Noël, a Christmas album by American singer-songwriter Josh Groban, was the longest-running album of 2007, topping the chart for four consecutive weeks in December. Its four-week consecutive run gained Noël the credit as the first Christmas album to have achieved the feat in the chart's 51-year history. Following Groban's appearance at The Oprah Winfrey Show, sales of the album logged at 405,000, fueling the album to peak at number one and becoming Groban's best sales week ever. Noël is the only Christmas-themed record to have topped the Billboard 200 since American saxophonist Kenny G's 1994 Miracles: The Holiday Album.
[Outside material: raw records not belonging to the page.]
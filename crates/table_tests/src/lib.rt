//! Tests of both tables that readers and one writer share with no lock, `ReadTable` and the larger `MapTable`: runs of programs,
//! lookups beside the writer, and readers in threads. Of the pools of jobs: two jobs are served at the same time, and what comes
//! of jobs that seats serve.
#![tactic(auto)]

#[cfg(test)]
mod added;
#[cfg(test)]
mod chosen;
#[cfg(test)]
mod counters;
#[cfg(test)]
mod counting;
#[cfg(test)]
mod flags;
#[cfg(test)]
mod jobs;
#[cfg(test)]
mod keys;
#[cfg(test)]
mod making;
#[cfg(test)]
mod map_jobs;
#[cfg(test)]
mod map_table_runs;
#[cfg(test)]
mod names;
#[cfg(test)]
mod read_table_runs;
#[cfg(test)]
mod room;
#[cfg(test)]
mod slots;
#[cfg(test)]
mod threads;
#[cfg(test)]
mod walks;
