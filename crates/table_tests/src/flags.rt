//! Two jobs that wait for one another.

use job_queue::{PoolFault, Serve, serve_all};
use std::alloc::{AllocError, Global};
use std::sync::Wait;
use std::sync::atomic::{AtomicBool, Ordering};
use std::test::Fail;
use std::thread::{Threads, yield_now};

/// How often a job looks for the other's flag.
const LOOKS: u32 = 10_000_000;

/// A job is one side of a meeting.
#[derive(Clone, Copy, Debug, PartialEq, Eq)]
enum Side {
    Left,
    Right,
}

/// What became of a job.
#[derive(Clone, Copy, Debug, PartialEq, Eq)]
enum Outcome {
    Exit,
    Stopped,
}

/// A flag for each side, which its job sets.
#[derive(Drop)]
struct Meeting {
    left: AtomicBool,
    right: AtomicBool,
}

/// Whether the flag is seen set within so many looks.
fn is_seen(flag: &AtomicBool) -> bool {
    for _ in 0..LOOKS {
        if flag.load(Ordering::SeqCst) {
            return true;
        }
        yield_now();
    }
    false
}

impl Serve for Meeting {
    type Job = Side;

    type Worker = ();

    type Served = Outcome;

    ghost ready = { λ s w. Unit {0} };

    ghost later = { λ v w. Unit {0} };

    ghost fits = { λ s v w job served. Unit {0} };

    ghost gains = { λ s v w job served. Unit {0} };

    /// Sets the job's own flag, and exits once it sees the other's.
    fn serve<R: Wait>(&self, _rt: &R, _worker: &mut (), job: &Side) -> Outcome {
        let (own, other) = match job {
            Side::Left => (&self.left, &self.right),
            Side::Right => (&self.right, &self.left),
        };
        own.store(true, Ordering::SeqCst);
        if is_seen(other) {
            Outcome::Exit
        } else {
            Outcome::Stopped
        }
    }

    ghost later_same = { λ w. tt };

    ghost later_again = { λ u v w a b. tt };

    ghost fits_wider = { λ s t u v w job served a b c. tt };
}

/// Two workers, who have nothing of their own.
fn two_workers(alloc: Global) -> Result<Vec<()>, AllocError> {
    let mut workers = Vec::new(alloc);
    workers.push(())?;
    workers.push(())?;
    Ok(workers)
}

/// What becomes of the two sides of a meeting.
fn meet<R: Threads + Wait + Sync>(
    rt: &R,
    alloc: Global,
    workers: &mut Vec<()>,
) -> Result<Vec<Outcome>, PoolFault> {
    let meeting = Meeting {
        left: AtomicBool::new(false),
        right: AtomicBool::new(false),
    };
    serve_all(rt, alloc, &meeting, &[Side::Left, Side::Right], 2, workers)
}

#[test]
fn two_jobs_meet(rt: HostRuntime) -> Result<(), Fail> {
    let mut workers = two_workers(rt.alloc())?;
    let outcomes = meet(&rt, rt.alloc(), &mut workers)?;
    assert!(rt; outcomes.as_slice() == &[Outcome::Exit, Outcome::Exit][..]);
    Ok(())
}
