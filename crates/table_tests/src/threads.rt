//! Readers in threads, beside the writer.
ghost use Rattle.std.specs.Prelude.{◌≡◌, All};
ghost use Rattle.std.specs.List.{Contains};
ghost use Rattle.std.specs.Thread.{IsSync};
ghost use Rattle.read_table.specs.Held.{IsReady};

use crate::making::{LOOKUP_AND_LOAD, run, verified};
use read_table::{MAX_READERS, ReadSeat, ReadTable, Writer};
use std::alloc::{AllocError, Global};
use std::sync::atomic::{AtomicU64, Ordering};
use std::test::Fail;
use std::thread::{Threads, for_each_mut, join, yield_now};
use verifier::Verified;

/// How many runs each reader makes.
const RUNS: u32 = 10_000;

/// How often the writer links the key.
const ROUNDS: u32 = 20_000;

/// How often the writer tries to have a slot again, before it gives up.
const TRIES: u32 = 1_000_000;

/// Runs the program so often, and tells how many runs exited with the key's value or with 0.
fn count_right(table: &ReadTable, seat: &mut ReadSeat, program: &Verified) -> u64
    requires ready { IsReady table.now seat.old }
    ensures ready { IsReady table.now seat.new }
{
    let mut right = 0u64;
    for _ in 0..RUNS {
        let exit = run(table, seat, program);
        if exit == Some(Ok(5)) || exit == Some(Ok(0)) {
            right = right.saturating_add(1);
        }
    }
    right
}

/// All readers do so at once, each in a thread of its own, and add their counts up.
fn count_all<R: Threads + Sync>(
    rt: &R,
    table: &ReadTable,
    seats: &mut [ReadSeat],
    program: &Verified,
    right: &AtomicU64,
)
    requires ready { All (IsReady table.now) seats.old }
{
    for_each_mut(
        rt,
        seats,
        MAX_READERS,
        &|_, seat: &mut ReadSeat|
            requires { IsReady table.now seat.old }
        {
            right.fetch_add(count_right(table, seat, program), Ordering::SeqCst);
        },
    );
}

/// Tries to have an unlinked slot again. Whether it was got.
fn reclaim(table: &ReadTable, writer: &mut Writer, slot: usize) -> bool
    requires table { writer.old.table ≡ table.now }
    requires unlinked { Contains writer.old.unlinked slot }
    ensures table { writer.new.table ≡ table.now }
{
    for _ in 0..TRIES {
        if writer.try_reclaim(table, slot) {
            return true;
        }
        yield_now();
    }
    false
}

/// Links the key, unlinks it and has the slot again, so many times. How often it was linked.
fn churn(table: &ReadTable, writer: &mut Writer) -> u32
    requires table { writer.old.table ≡ table.now }
    requires key { table.now.shape.key_words ≡ 1 }
    requires value { table.now.shape.value_words ≡ 1 }
    ensures table { writer.new.table ≡ table.now }
{
    for round in 0..ROUNDS {
        let Some(slot) = writer.link(table, &[0; 8], &[5, 0, 0, 0, 0, 0, 0, 0]) else {
            return round;
        };
        writer.unlink(table, slot);
        if !reclaim(table, writer, slot) {
            return round;
        }
    }
    ROUNDS
}

/// The readers count in threads of their own, beside the writer. How often the writer linked the key.
fn read_beside<R: Threads + Sync>(
    rt: &R,
    table: &ReadTable,
    program: &Verified,
    seats: &mut [ReadSeat],
    writer: &mut Writer,
    right: &AtomicU64,
) -> u32
    requires ready { All (IsReady table.now) seats.old }
    requires writer { writer.old.table ≡ table.now }
    requires key { table.now.shape.key_words ≡ 1 }
    requires value { table.now.shape.value_words ≡ 1 }
{
    let (_, rounds) = join(
        rt,
        || -> ()
            requires { IsSync R.row × All (IsReady table.now) seats.now }
        { count_all(rt, table, seats, program, right) },
        || -> u32
            requires { (table.now.shape.key_words ≡ 1) × (table.now.shape.value_words ≡ 1)
                × (writer.now.table ≡ table.now) }
        { churn(table, writer) },
    );
    rounds
}

/// How often the writer of a new table linked the key, and how many of its readers' runs exited as they may.
fn read_in_new<R: Threads + Sync>(
    rt: &R,
    alloc: Global,
    program: &Verified,
) -> Result<(u32, u64), AllocError> {
    let (table, mut seats, mut writer) = ReadTable::new(alloc, 2, 8, 8, 8)?;
    let right = AtomicU64::new(0);
    let rounds = read_beside(rt, &table, program, &mut seats.list, &mut writer, &right);
    Ok((rounds, right.load(Ordering::SeqCst)))
}

/// Eight readers look a key up while it is linked and unlinked: each of their 10,000 runs exits with its value or with 0.
#[test]
fn readers_beside_the_writer(rt: HostRuntime) -> Result<(), Fail> {
    let program = verified(rt.alloc(), LOOKUP_AND_LOAD, 0)?;
    let counts = read_in_new(&rt, rt.alloc(), &program)?;
    assert!(rt; counts == (20_000, 80_000));
    Ok(())
}
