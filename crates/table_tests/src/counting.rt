//! Jobs that count: each adds 1 to a value of which each reader has its own.
ghost use Rattle.std.specs.Prelude.{◌≡◌, ◌<◌, All, IfOk, length, vec_len};
ghost use Rattle.map_table.specs.Held.{IsReady};
ghost use Rattle.shared_runs.specs.Named.{ServesNamed};

use crate::jobs::{End, Kind, counts, jobs_of};
use crate::making::verified_with_two;
use crate::map_jobs::fitting;
use map_table::{MapTable, ReadSeat, Secret, TableShape, Values, Writer};
use shared_runs::maps::{MapRuns, NamedMap, NamedRuns, fits_named, key_in};
use std::alloc::Global;
use std::sync::Wait;
use std::test::Fail;
use std::thread::Threads;
use verifier::Verified;
use worker_pool::{Job, run_table_jobs};

/// A lookup of the key of eight zero bytes in the first map, which adds 1 to the value.
const COUNT: &str = "\
    b70600000000000085200000010000007a0af8ff00000000bfa200000000000007020000f8ffffff\
    18510000000000000000000000000000850000000100000015000300000000007901000000000000\
    07010000010000007b100000000000008520000002000000bf600000000000009500000000000000";

/// The same in the second map.
const COUNT_IN_SECOND: &str = "\
    b70600000000000085200000010000007a0af8ff00000000bfa200000000000007020000f8ffffff\
    18510000010000000000000000000000850000000100000015000300000000007901000000000000\
    07010000010000007b100000000000008520000002000000bf600000000000009500000000000000";

/// Jobs of one program, which exits with 0.
const ONE: &[Kind] = &[(0, 0, End::Exit(0))];

/// Of five jobs three of the first program, and two of the second.
const THREE_AND_TWO: &[Kind] = &[
    (0, 0, End::Exit(0)),
    (1, 0, End::Exit(0)),
    (0, 0, End::Exit(0)),
    (1, 0, End::Exit(0)),
    (0, 0, End::Exit(0)),
];

/// A table for four readers, each of which has a counter of its own under a key of two words.
const COUNTERS: TableShape = TableShape {
    readers: 4,
    buckets: 2,
    elements: 8,
    key_words: 2,
    value_words: 1,
    values: Values::PerReader,
    secret: Secret {
        first: 0x1234_5678_9abc_def0,
        second: 0x0fed_cba9_8765_4321,
    },
};

/// The same with keys of a word.
const OF_ONE: TableShape = TableShape {
    key_words: 1,
    ..COUNTERS
};

/// Two maps of the table.
const MAPS: [NamedMap; 2] = [
    NamedMap {
        name: 11,
        key_words: 1,
        value_words: 1,
    },
    NamedMap {
        name: 22,
        key_words: 1,
        value_words: 1,
    },
];

/// The sum of the counters under a key, if it is linked.
fn sum_under(table: &MapTable, writer: &mut Writer, key: &[u64]) -> Option<u64>
    requires table { writer.old.table ≡ table.now }
    requires key { length key.now ≡ table.now.shape.key_words }
    requires shape { 0 < table.now.shape.value_words }
    ensures table { writer.new.table ≡ table.now }
{
    let way = writer.find(table, key)?;
    let element = writer.element_at(way)?;
    Some(writer.sum(table, element, 0))
}

/// Whether the four seats of a table that is the map of their program serve a hundred jobs.
fn serve_one<R: Threads + Wait + Sync>(
    rt: &R,
    alloc: Global,
    table: &MapTable,
    seats: &mut Vec<ReadSeat>,
    jobs: &[Job],
) -> Result<bool, Fail>
    requires four { vec_len seats.old ≡ 4 }
    requires ready { All (IsReady table.now) seats.old.items }
{
    let programs = [fitting(alloc, table, COUNT, 0)?];
    let runs = MapRuns { table };
    let served = run_table_jobs(rt, alloc, &programs, jobs, &runs, seats);
    Ok(counts(served, ONE) == Ok([100, 0]))
}

/// The same of a new table, with the sum that was counted.
fn count_in_one<R: Threads + Wait + Sync>(
    rt: &R,
    alloc: Global,
    jobs: &[Job],
) -> Result<(bool, Option<u64>), Fail> {
    let (table, mut seats, mut writer) = MapTable::new(alloc, OF_ONE)?;
    let _ = writer.link(&table, &[0], &[0; 4]);
    let served = serve_one(rt, alloc, &table, &mut seats.list, jobs)?;
    Ok((served, sum_under(&table, &mut writer, &[0])))
}

/// Each job counts once, whichever seat serves it.
#[test]
fn each_job_counts_once(rt: HostRuntime) -> Result<(), Fail> {
    let jobs = jobs_of(rt.alloc(), ONE, 100)?;
    let counted = count_in_one(&rt, rt.alloc(), &jobs)?;
    assert!(rt; counted == (true, Some(100)));
    Ok(())
}

/// The program of this text against two maps that the table keeps so.
fn fitting_named(
    alloc: Global,
    table: &MapTable,
    maps: &[NamedMap],
    text: &str,
) -> Result<Verified, Fail>
    ensures { IfOk result (λ v. ServesNamed table.now.shape maps.now v.shapes) }
{
    let program = verified_with_two(alloc, text)?;
    if !fits_named(table, maps, &program) {
        return Err(Fail::from("the program is for other maps"));
    }
    Ok(program)
}

/// A program that counts in the first map, and one that counts in the second.
fn two_programs(alloc: Global, table: &MapTable, maps: &[NamedMap]) -> Result<[Verified; 2], Fail>
    ensures { IfOk result (λ programs. All (λ v. ServesNamed table.now.shape maps.now v.shapes) programs) }
{
    let first = fitting_named(alloc, table, maps, COUNT)?;
    let second = fitting_named(alloc, table, maps, COUNT_IN_SECOND)?;
    Ok([first, second])
}

/// The table's key for the word 0 of a map.
fn zero_in(map: &NamedMap) -> [u64; 2]
    requires { map.now.key_words ≡ 1 }
{
    let key = key_in(map, &[0]);
    [key[0], key[1]]
}

/// Whether the four seats of a table that keeps the two maps serve a hundred jobs.
fn serve_two<R: Threads + Wait + Sync>(
    rt: &R,
    alloc: Global,
    table: &MapTable,
    seats: &mut Vec<ReadSeat>,
    jobs: &[Job],
) -> Result<bool, Fail>
    requires four { vec_len seats.old ≡ 4 }
    requires ready { All (IsReady table.now) seats.old.items }
{
    let programs = two_programs(alloc, table, &MAPS)?;
    let runs = NamedRuns { table, maps: &MAPS };
    let served = run_table_jobs(rt, alloc, &programs, jobs, &runs, seats);
    Ok(counts(served, THREE_AND_TWO) == Ok([100, 0]))
}

/// The same of a new table, with the sums that were counted in the first map and in the second.
fn count_in_two<R: Threads + Wait + Sync>(
    rt: &R,
    alloc: Global,
    jobs: &[Job],
) -> Result<(bool, [Option<u64>; 2]), Fail> {
    let (table, mut seats, mut writer) = MapTable::new(alloc, COUNTERS)?;
    let (first, second) = (zero_in(&MAPS[0]), zero_in(&MAPS[1]));
    let _ = writer.link(&table, &first, &[0; 4]);
    let _ = writer.link(&table, &second, &[0; 4]);
    let served = serve_two(rt, alloc, &table, &mut seats.list, jobs)?;
    let sums = [
        sum_under(&table, &mut writer, &first),
        sum_under(&table, &mut writer, &second),
    ];
    Ok((served, sums))
}

/// Each job counts once, whichever seat serves it, in the map of its program.
#[test]
fn each_job_counts_in_its_map(rt: HostRuntime) -> Result<(), Fail> {
    let jobs = jobs_of(rt.alloc(), THREE_AND_TWO, 100)?;
    let counted = count_in_two(&rt, rt.alloc(), &jobs)?;
    assert!(rt; counted == (true, [Some(60), Some(40)]));
    Ok(())
}
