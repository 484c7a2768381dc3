//! What a run asks, served.
ghost use Rattle.std.specs.Prelude.{◌≡◌, Some, slice_get};
ghost use Rattle.world.specs.Serving.{CanServe, HasFlag, IsReply, grace_after, maps_after};

use crate::calling::call;
use crate::element::{load, store};
use crate::section::{enter, leave};
use bpf_model::RunId;
use element_store::Grace;
use machine::{Request, Run};
use maps::Registry;

/// Serves what the run in a run slot asks, and answers the word with which it goes on. `bound` has
/// the numbers of its program's maps.
///
/// A load answers the number that it finds, and a helper the word for r0. A store, a lock and
/// an unlock answer any word: the run makes nothing of it.
pub fn serve(
    request: Request,
    run: &Run,
    run_slot: RunId,
    bound: &[usize],
    maps: &mut Registry,
    grace: &mut Grace,
) -> u64
    requires flag { HasFlag grace.old run_slot }
    requires depth { slice_get grace.old.depths run_slot ≡ Some run.now.view.depth }
    requires serve { CanServe request bound.now maps.old.maps run.now.view }
    ensures word { IsReply request bound.now maps.old.maps run.now.view result }
    ensures maps { maps.new.maps ≡ maps_after request bound.now run.now.view maps.old.maps }
    ensures names { maps.new.names ≡ maps.old.names }
    ensures grace { grace.new ≡ grace_after request run_slot grace.old }
{
    match request {
        Request::Load {
            address,
            offset,
            width,
        } => load(maps, address, offset, width),
        Request::Store {
            address,
            offset,
            width,
            number,
        } => {
            store(maps, address, offset, width, number);
            0
        }
        Request::Call { helper } => call(helper, run, maps, bound),
        Request::Enter => {
            enter(grace, run_slot);
            0
        }
        Request::Leave => {
            leave(grace, run_slot);
            0
        }
    }
}
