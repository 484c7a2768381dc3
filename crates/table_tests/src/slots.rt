//! Lookups of keys that the writer links and unlinks.
ghost use Rattle.std.specs.Prelude.{◌≡◌, All, IfSome};
ghost use Rattle.std.specs.List.{Contains};
ghost use Rattle.read_table.specs.History.{inside};
ghost use Rattle.read_table.specs.Held.{IsKnown, IsReady};

use crate::making::two_seats;
use read_table::{MAX_READERS, MAX_TABLE_SLOTS, ReadSeat, ReadTable, Writer};
use std::test::Fail;

/// A key of two words, of which the first is the same in all keys.
fn key(number: u8) -> [u8; 16] {
    [1, 2, 3, 4, 5, 6, 7, 8, number, 0, 0, 0, 0, 0, 0, 0]
}

/// The value of a key: a word with its number.
fn value(number: u8) -> [u8; 8] {
    [number, 0, 0, 0, 0, 0, 0, 0]
}

/// The word of the value that a lookup finds, in the section that is open.
fn find(table: &ReadTable, seat: &mut ReadSeat, number: u8) -> Option<u64>
    requires table { seat.old.table ≡ table.now }
    requires inside { inside seat.old.view.mine ≡ 1 }
    requires known { IsKnown seat.old.view }
    requires key { table.now.shape.key_words ≡ 2 }
    requires value { table.now.shape.value_words ≡ 1 }
    ensures table { seat.new.table ≡ table.now }
    ensures inside { inside seat.new.view.mine ≡ 1 }
{
    let slot = table.lookup(seat, &key(number))?;
    Some(table.load(seat, slot, 2))
}

/// The same, in a section of its own.
fn look_up(table: &ReadTable, seat: &mut ReadSeat, number: u8) -> Option<u64>
    requires ready { IsReady table.now seat.old }
    requires key { table.now.shape.key_words ≡ 2 }
    requires value { table.now.shape.value_words ≡ 1 }
    ensures ready { IsReady table.now seat.new }
{
    table.open(seat);
    let word = find(table, seat, number);
    table.close(seat);
    word
}

/// Links the keys from 0 up to 254 at most, as long as there are free slots, and tells how many.
fn link_all(table: &ReadTable, writer: &mut Writer) -> u8
    requires table { writer.old.table ≡ table.now }
    requires key { table.now.shape.key_words ≡ 2 }
    requires value { table.now.shape.value_words ≡ 1 }
    ensures table { writer.new.table ≡ table.now }
{
    for number in 0..255 {
        if writer.link(table, &key(number), &value(number)).is_none() {
            return number;
        }
    }
    255
}

/// How many keys are found with their values.
fn count_found(table: &ReadTable, seat: &mut ReadSeat) -> u32
    requires ready { IsReady table.now seat.old }
    requires key { table.now.shape.key_words ≡ 2 }
    requires value { table.now.shape.value_words ≡ 1 }
    ensures ready { IsReady table.now seat.new }
{
    let mut found = 0u32;
    for number in 0..=255 {
        if look_up(table, seat, number) == Some(u64::from(number)) {
            found = found.saturating_add(1);
        }
    }
    found
}

/// How many keys are found in a new table, how many there is room for, and how many are found then.
fn counts(table: &ReadTable, seats: &mut [ReadSeat], writer: &mut Writer) -> Option<[u32; 3]>
    requires ready { All (IsReady table.now) seats.old }
    requires table { writer.old.table ≡ table.now }
    requires key { table.now.shape.key_words ≡ 2 }
    requires value { table.now.shape.value_words ≡ 1 }
{
    let [seat, ..] = seats else {
        return None;
    };
    let before = count_found(table, seat);
    let linked = link_all(table, writer);
    Some([before, u32::from(linked), count_found(table, seat)])
}

/// A table has as many slots as it was made with, and each of its keys is found with its own value.
#[test]
fn each_key_is_found(rt: HostRuntime) -> Result<(), Fail> {
    let (table, mut seats, mut writer) = ReadTable::new(rt.alloc(), 250, 16, 8, 8)?;
    assert!(rt; [MAX_TABLE_SLOTS, MAX_READERS, seats.count()] == [256, 8, 8]);
    let counts = counts(&table, &mut seats.list, &mut writer);
    assert!(rt; counts == Some([0, 250, 250]));
    Ok(())
}

/// Links the key 2, and then the key 1: where they are, if there is room.
fn link_two(table: &ReadTable, writer: &mut Writer) -> Option<(usize, usize)>
    requires table { writer.old.table ≡ table.now }
    requires key { table.now.shape.key_words ≡ 2 }
    requires value { table.now.shape.value_words ≡ 1 }
    ensures table { writer.new.table ≡ table.now }
    ensures linked { IfSome result (λ p. Contains writer.new.linked p.1) }
{
    let other = writer.link(table, &key(2), &value(2))?;
    let slot = writer.link(table, &key(1), &value(1))?;
    Some((other, slot))
}

/// Unlinks one of two keys while the second reader is inside a section, and links a third when it is outside. What
/// lookups find: of the one and the other key then, and of the third at the end; and where the third key was linked, while
/// no slot was free and then. None where the slot is reclaimed while the reader is inside, or not when it is outside.
fn unlink_beside(
    table: &ReadTable,
    first: &mut ReadSeat,
    second: &mut ReadSeat,
    writer: &mut Writer,
    slot: usize,
) -> Option<([Option<u64>; 3], [Option<usize>; 2])>
    requires table { writer.old.table ≡ table.now }
    requires key { table.now.shape.key_words ≡ 2 }
    requires value { table.now.shape.value_words ≡ 1 }
    requires linked { Contains writer.old.linked slot }
    requires first { IsReady table.now first.old }
    requires second { IsReady table.now second.old }
{
    table.open(second);
    writer.unlink(table, slot);
    let gone = look_up(table, first, 1);
    let other = look_up(table, first, 2);
    if writer.try_reclaim(table, slot) {
        return None;
    }
    let full = writer.link(table, &key(3), &value(3));
    table.close(second);
    if !writer.try_reclaim(table, slot) {
        return None;
    }
    let linked = writer.link(table, &key(3), &value(3));
    Some(([gone, other, look_up(table, first, 3)], [full, linked]))
}

/// A slot is taken again where each reader was seen outside once, though one or the other was inside at each look. Whether
/// it was so.
fn reclaim_in_turn(
    table: &ReadTable,
    first: &mut ReadSeat,
    second: &mut ReadSeat,
    writer: &mut Writer,
    slot: usize,
) -> bool
    requires table { writer.old.table ≡ table.now }
    requires linked { Contains writer.old.linked slot }
    requires first { IsReady table.now first.old }
    requires second { IsReady table.now second.old }
    ensures table { writer.new.table ≡ table.now }
{
    writer.unlink(table, slot);
    table.open(second);
    if writer.try_reclaim(table, slot) {
        return false;
    }
    table.close(second);
    table.open(first);
    let reclaimed = writer.try_reclaim(table, slot);
    table.close(first);
    reclaimed
}

/// Whether the writer finds the slots of its keys and no others, before and after one of two slots is taken again in turn.
fn are_seen_in_turn(table: &ReadTable, seats: &mut [ReadSeat], writer: &mut Writer) -> bool
    requires ready { All (IsReady table.now) seats.old }
    requires table { writer.old.table ≡ table.now }
    requires key { table.now.shape.key_words ≡ 2 }
    requires value { table.now.shape.value_words ≡ 1 }
{
    let Some((first, second)) = two_seats(table, seats) else {
        return false;
    };
    let Some((other, slot)) = link_two(table, writer) else {
        return false;
    };
    let before = (writer.find(table, &key(1)), writer.linked().len());
    let in_turn = reclaim_in_turn(table, first, second, writer, slot);
    let after = (writer.find(table, &key(1)), writer.linked().len());
    let stays = (writer.find(table, &key(2)), writer.unlinked().len());
    in_turn && [before, after, stays] == [(Some(slot), 2), (None, 1), (Some(other), 0)]
}

/// No reader has to be outside at the same time as another. The writer finds the slots of its keys, and no others.
#[test]
fn readers_are_seen_in_turn(rt: HostRuntime) -> Result<(), Fail> {
    let (table, mut seats, mut writer) = ReadTable::new(rt.alloc(), 3, 16, 8, 2)?;
    let in_turn = are_seen_in_turn(&table, &mut seats.list, &mut writer);
    assert!(rt; in_turn);
    Ok(())
}

/// Whether a slot that was unlinked is found no more, and is taken again once no reader is inside a section, and not before.
fn is_taken_again(table: &ReadTable, seats: &mut [ReadSeat], writer: &mut Writer) -> bool
    requires ready { All (IsReady table.now) seats.old }
    requires table { writer.old.table ≡ table.now }
    requires key { table.now.shape.key_words ≡ 2 }
    requires value { table.now.shape.value_words ≡ 1 }
{
    let Some((first, second)) = two_seats(table, seats) else {
        return false;
    };
    let Some((_, slot)) = link_two(table, writer) else {
        return false;
    };
    let end = unlink_beside(table, first, second, writer, slot);
    end == Some(([None, Some(2), Some(3)], [None, Some(slot)]))
}

#[test]
fn a_slot_is_taken_again(rt: HostRuntime) -> Result<(), Fail> {
    let (table, mut seats, mut writer) = ReadTable::new(rt.alloc(), 2, 16, 8, 2)?;
    let again = is_taken_again(&table, &mut seats.list, &mut writer);
    assert!(rt; again);
    Ok(())
}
Noël had accumulated sales of nearly 2.8 million copies by the end of the year, becoming the best-selling album of 2007.

Canadian singer Avril Lavigne scored her second number-one album The Best Damn Thing.
High School Musical 2, the soundtrack to the Disney Channel film of the same name, spent four straight weeks at the top spot. The soundtrack's first-week sale of 615,000 copies made it one of the albums with biggest debut figures of 2007. The soundtrack sold over 2.7 million units in 2008, becoming the second-best-selling album. High School Musical 2 is one of the two soundtrack albums to have reached number one on the chart, the other being Dreamgirls: Music from the Motion Picture. Linkin Park's Minutes To Midnight becomes the band's third number-one album. The album sells over 620,000 copies in its first week, becoming the third highest first week album sales for 2007. The album eventually sells over 2 million copies during the year, becoming the seventh best-selling album of the year. American singer Alicia Keys' As I Am also topped the chart for four weeks, although they were non-consecutive. It debuted on the Billboard 200 for selling 742,000 copies, the highest figure achieved for a solo female artist since Norah Jones' Feels Like Home moved one million copies in 2004.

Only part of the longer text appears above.